» Task item
In your reply, write out each entry exactly as given.

|---|

// The call *shorten*, which fills a lent list.
use network::refusal::Refusal;
use shorter::Shortened;
use std::io;
use trials::read::Words;
use trials::setting::Setting;
use trials::show::Set;
use trials::{lent, read, show};

// What a line gives: n, k, the length of the lent list, at most 64, and the checks allowed; after the colon the
// vectors.
#[derive(Drop)]
struct Given {
    nets: u64,
    class: u64,
    allowed: u64,
    vectors: Words,
    list: lent::List,
}

impl Given {
    fn read(line: &[u8]) -> Option<Given> {
        let ([nets, class, room, allowed], vectors) = read::with_list::<4>(line)?;
        let list = lent::list(room)?;
        Some(Given {
            nets,
            class,
            allowed,
            vectors,
            list,
        })
    }
}

// A result: the vectors kept and the entries that the call left, the checks made, and the floor.
fn answered(rt: &impl Print, answer: Result<Shortened, Refusal>, list: &[u64]) -> io::Result<()> {
    match answer {
        Ok(counts) => {
            lent::wrote(rt, counts.kept as usize, list)?;
            print!(rt; "; checks {}; floor {}", counts.checks, counts.floor)
        }
        Err(refusal) => lent::refused(rt, refusal.into(), list),
    }
}

pub fn try_line(rt: &impl Print, setting: &Setting, line: &[u8]) -> io::Result<()> {
    let Some(given) = Given::read(line) else {
        return show::unreadable(rt);
    };
    let Given {
        nets,
        class,
        allowed,
        vectors,
        mut list,
    } = given;
    let vectors = vectors.as_slice();
    print!(rt;
        "shorten {}; allowed {allowed}; lent {} ->",
        Set(nets, class, vectors),
        list.len()
    )?;
    let net = setting.network(nets);
    let answer = shorter::shorten(net, class, vectors, allowed, list.as_mut_slice());
    answered(rt, answer, list.as_slice())
}
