// The calls on a board and a test set that fill a lent list: *response from a state* and *diagnosis*.
use network::Network;
use network::refusal::Refusal;
use std::io;
use trials::read::Words;
use trials::setting::Setting;
use trials::show::{Named, Set};
use trials::{lent, read, show};

// What a line gives: n, k and the length of the lent list, at most 64; after the colon the vectors; after the semicolon
// the reaches, or the responses.
#[derive(Drop)]
struct Given {
    nets: u64,
    class: u64,
    vectors: Words,
    words: Words,
    list: lent::List,
}

impl Given {
    fn read(line: &[u8]) -> Option<Given> {
        let (head, lists) = read::split_once(line, b':')?;
        let [nets, class, room] = read::exactly::<3>(head)?;
        let (vectors, words) = read::two_lists(lists)?;
        let list = lent::list(room)?;
        Some(Given {
            nets,
            class,
            vectors,
            words,
            list,
        })
    }
}

// Tries a line by one of the two calls, of this name and with words of this name.
fn try_line<C>(
    rt: &impl Print,
    setting: &Setting,
    line: &[u8],
    name: &'static str,
    words_name: &'static str,
    call: C,
) -> io::Result<()>
where
    C: Fn(Network, &[u64], u64, &[u64], &[u64], &mut [u64]) -> Result<u64, Refusal>,
    requires { C.IsAlwaysCallable call }
{
    let Some(given) = Given::read(line) else {
        return show::unreadable(rt);
    };
    let Given {
        nets,
        class,
        vectors,
        words,
        mut list,
    } = given;
    print!(rt;
        "{name} {};{}{}; lent {} ->",
        Set(nets, class, vectors.as_slice()),
        Named(words.as_slice(), words_name),
        setting.receivers,
        list.len()
    )?;
    let answer = call(
        setting.network(nets),
        setting.receivers.list(nets).as_slice(),
        class,
        vectors.as_slice(),
        words.as_slice(),
        list.as_mut_slice(),
    );
    lent::answered(rt, answer, list.as_slice())
}

pub fn try_response(rt: &impl Print, setting: &Setting, line: &[u8]) -> io::Result<()> {
    let call = network::response_from_state;
    try_line(rt, setting, line, "response", "reaches", call)
}

pub fn try_diagnosis(rt: &impl Print, setting: &Setting, line: &[u8]) -> io::Result<()> {
    let call = diagnosis::diagnose;
    try_line(rt, setting, line, "diagnosis", "responses", call)
}
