// The call *own receivers*, which fills a lent list.
use std::io;
use trials::{lent, read, show};

// What a line gives: n, and the length of the lent list, at most 64.
fn given(line: &[u8]) -> Option<(u64, lent::List)> {
    let [nets, room] = read::exactly::<2>(line)?;
    Some((nets, lent::list(room)?))
}

pub fn try_line(rt: &impl Print, line: &[u8]) -> io::Result<()> {
    let Some((nets, mut list)) = given(line) else {
        return show::unreadable(rt);
    };
    print!(rt; "own receivers {nets}; lent {} ->", list.len())?;
    let answer = network::own_receivers(nets, list.as_mut_slice());
    lent::answered(rt, answer, list.as_slice())
}
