// The calls *turn* and *turn back*, which fill a lent list.
use std::io;
use trials::read::Words;
use trials::show::Named;
use trials::{lent, read, show};

// What a line gives *turn*: n and the length of the lent list, at most 64; after the colon the vectors.
fn given(line: &[u8]) -> Option<(u64, Words, lent::List)> {
    let ([nets, room], vectors) = read::with_list::<2>(line)?;
    Some((nets, vectors, lent::list(room)?))
}

// What a line gives *turn back*: n, the number of vectors and the length of the lent list, at most 64; after the colon
// the words.
fn given_back(line: &[u8]) -> Option<(u64, u64, Words, lent::List)> {
    let ([nets, count, room], words) = read::with_list::<3>(line)?;
    Some((nets, count, words, lent::list(room)?))
}

pub fn try_turn(rt: &impl Print, line: &[u8]) -> io::Result<()> {
    let Some((nets, vectors, mut list)) = given(line) else {
        return show::unreadable(rt);
    };
    let vectors = vectors.as_slice();
    print!(rt;
        "turn {nets}:{}; lent {} ->",
        Named(vectors, "vectors"),
        list.len()
    )?;
    let answer = turning::turn(nets, vectors, list.as_mut_slice());
    lent::answered(rt, answer, list.as_slice())
}

pub fn try_turn_back(rt: &impl Print, line: &[u8]) -> io::Result<()> {
    let Some((nets, count, words, mut list)) = given_back(line) else {
        return show::unreadable(rt);
    };
    let words = words.as_slice();
    print!(rt;
        "turn back {nets} {count}:{}; lent {} ->",
        Named(words, "words"),
        list.len()
    )?;
    let answer = turning::turn_back(nets, count, words, list.as_mut_slice());
    lent::answered(rt, answer, list.as_slice())
}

|---|

» Your solution
// The call *shorten*, which fills a lent list.
use network::refusal::Refusal;
use shorter::Shortened;
use std::io;
use trials::read::Words;
use trials::setting::Setting;
use trials::show::Set;
use trials::{lent, read, show};

// What a line gives: n, k, the length of the lent list, at most 64, and the checks allowed; after the colon the
// vectors.
#[derive(Drop)]
struct Given {
    nets: u64,
    class: u64,
    allowed: u64,
    vectors: Words,
    list: lent::List,
}

impl Given {
    fn read(line: &[u8]) -> Option<Given> {
        let ([nets, class, room, allowed], vectors) = read::with_list::<4>(line)?;
        let list = lent::list(room)?;
        Some(Given {
            nets,
            class,
            allowed,
            vectors,
            list,
        })
    }
}

// A result: the vectors kept and the entries that the call left, the checks made, and the floor.
fn answered(rt: &impl Print, answer: Result<Shortened, Refusal>, list: &[u64]) -> io::Result<()> {
    match answer {
        Ok(counts) => {
            lent::wrote(rt, counts.kept as usize, list)?;
            print!(rt; "; checks {}; floor {}", counts.checks, counts.floor)
        }
        Err(refusal) => lent::refused(rt, refusal.into(), list),
    }
}

pub fn try_line(rt: &impl Print, setting: &Setting, line: &[u8]) -> io::Result<()> {
    let Some(given) = Given::read(line) else {
        return show::unreadable(rt);
    };
    let Given {
        nets,
        class,
        allowed,
        vectors,
        mut list,
    } = given;
    let vectors = vectors.as_slice();
    print!(rt;
        "shorten {}; allowed {allowed}; lent {} ->",
        Set(nets, class, vectors),
        list.len()
    )?;
    let net = setting.network(nets);
    let answer = shorter::shorten(net, class, vectors, allowed, list.as_mut_slice());
    answered(rt, answer, list.as_slice())
}
// The calls on a board and a test set that fill a lent list: *response from a state* and *diagnosis*.
use network::Network;
use network::refusal::Refusal;
use std::io;
use trials::read::Words;
use trials::setting::Setting;
use trials::show::{Named, Set};
use trials::{lent, read, show};

// What a line gives: n, k and the length of the lent list, at most 64; after the colon the vectors; after the semicolon
// the reaches, or the responses.
#[derive(Drop)]
struct Given {
    nets: u64,
    class: u64,
    vectors: Words,
    words: Words,
    list: lent::List,
}

impl Given {
    fn read(line: &[u8]) -> Option<Given> {
        let (head, lists) = read::split_once(line, b':')?;
        let [nets, class, room] = read::exactly::<3>(head)?;
        let (vectors, words) = read::two_lists(lists)?;
        let list = lent::list(room)?;
        Some(Given {
            nets,
            class,
            vectors,
            words,
            list,
        })
    }
}

// Tries a line by one of the two calls, of this name and with words of this name.
fn try_line<C>(
    rt: &impl Print,
    setting: &Setting,
    line: &[u8],
    name: &'static str,
    words_name: &'static str,
    call: C,
) -> io::Result<()>
where
    C: Fn(Network, &[u64], u64, &[u64], &[u64], &mut [u64]) -> Result<u64, Refusal>,
    requires { C.IsAlwaysCallable call }
{
    let Some(given) = Given::read(line) else {
        return show::unreadable(rt);
    };
    let Given {
        nets,
        class,
        vectors,
        words,
        mut list,
    } = given;
    print!(rt;
        "{name} {};{}{}; lent {} ->",
        Set(nets, class, vectors.as_slice()),
        Named(words.as_slice(), words_name),
        setting.receivers,
        list.len()
    )?;
    let answer = call(
        setting.network(nets),
        setting.receivers.list(nets).as_slice(),
        class,
        vectors.as_slice(),
        words.as_slice(),
        list.as_mut_slice(),
    );
    lent::answered(rt, answer, list.as_slice())
}

pub fn try_response(rt: &impl Print, setting: &Setting, line: &[u8]) -> io::Result<()> {
    let call = network::response_from_state;
    try_line(rt, setting, line, "response", "reaches", call)
}

pub fn try_diagnosis(rt: &impl Print, setting: &Setting, line: &[u8]) -> io::Result<()> {
    let call = diagnosis::diagnose;
    try_line(rt, setting, line, "diagnosis", "responses", call)
}
// The call *own receivers*, which fills a lent list.
use std::io;
use trials::{lent, read, show};

// What a line gives: n, and the length of the lent list, at most 64.
fn given(line: &[u8]) -> Option<(u64, lent::List)> {
    let [nets, room] = read::exactly::<2>(line)?;
    Some((nets, lent::list(room)?))
}

pub fn try_line(rt: &impl Print, line: &[u8]) -> io::Result<()> {
    let Some((nets, mut list)) = given(line) else {
        return show::unreadable(rt);
    };
    print!(rt; "own receivers {nets}; lent {} ->", list.len())?;
    let answer = network::own_receivers(nets, list.as_mut_slice());
    lent::answered(rt, answer, list.as_slice())
}
// The calls *turn* and *turn back*, which fill a lent list.
use std::io;
use trials::read::Words;
use trials::show::Named;
use trials::{lent, read, show};

// What a line gives *turn*: n and the length of the lent list, at most 64; after the colon the vectors.
fn given(line: &[u8]) -> Option<(u64, Words, lent::List)> {
    let ([nets, room], vectors) = read::with_list::<2>(line)?;
    Some((nets, vectors, lent::list(room)?))
}

// What a line gives *turn back*: n, the number of vectors and the length of the lent list, at most 64; after the colon
// the words.
fn given_back(line: &[u8]) -> Option<(u64, u64, Words, lent::List)> {
    let ([nets, count, room], words) = read::with_list::<3>(line)?;
    Some((nets, count, words, lent::list(room)?))
}

pub fn try_turn(rt: &impl Print, line: &[u8]) -> io::Result<()> {
    let Some((nets, vectors, mut list)) = given(line) else {
        return show::unreadable(rt);
    };
    let vectors = vectors.as_slice();
    print!(rt;
        "turn {nets}:{}; lent {} ->",
        Named(vectors, "vectors"),
        list.len()
    )?;
    let answer = turning::turn(nets, vectors, list.as_mut_slice());
    lent::answered(rt, answer, list.as_slice())
}

pub fn try_turn_back(rt: &impl Print, line: &[u8]) -> io::Result<()> {
    let Some((nets, count, words, mut list)) = given_back(line) else {
        return show::unreadable(rt);
    };
    let words = words.as_slice();
    print!(rt;
        "turn back {nets} {count}:{}; lent {} ->",
        Named(words, "words"),
        list.len()
    )?;
    let answer = turning::turn_back(nets, count, words, list.as_mut_slice());
    lent::answered(rt, answer, list.as_slice())
}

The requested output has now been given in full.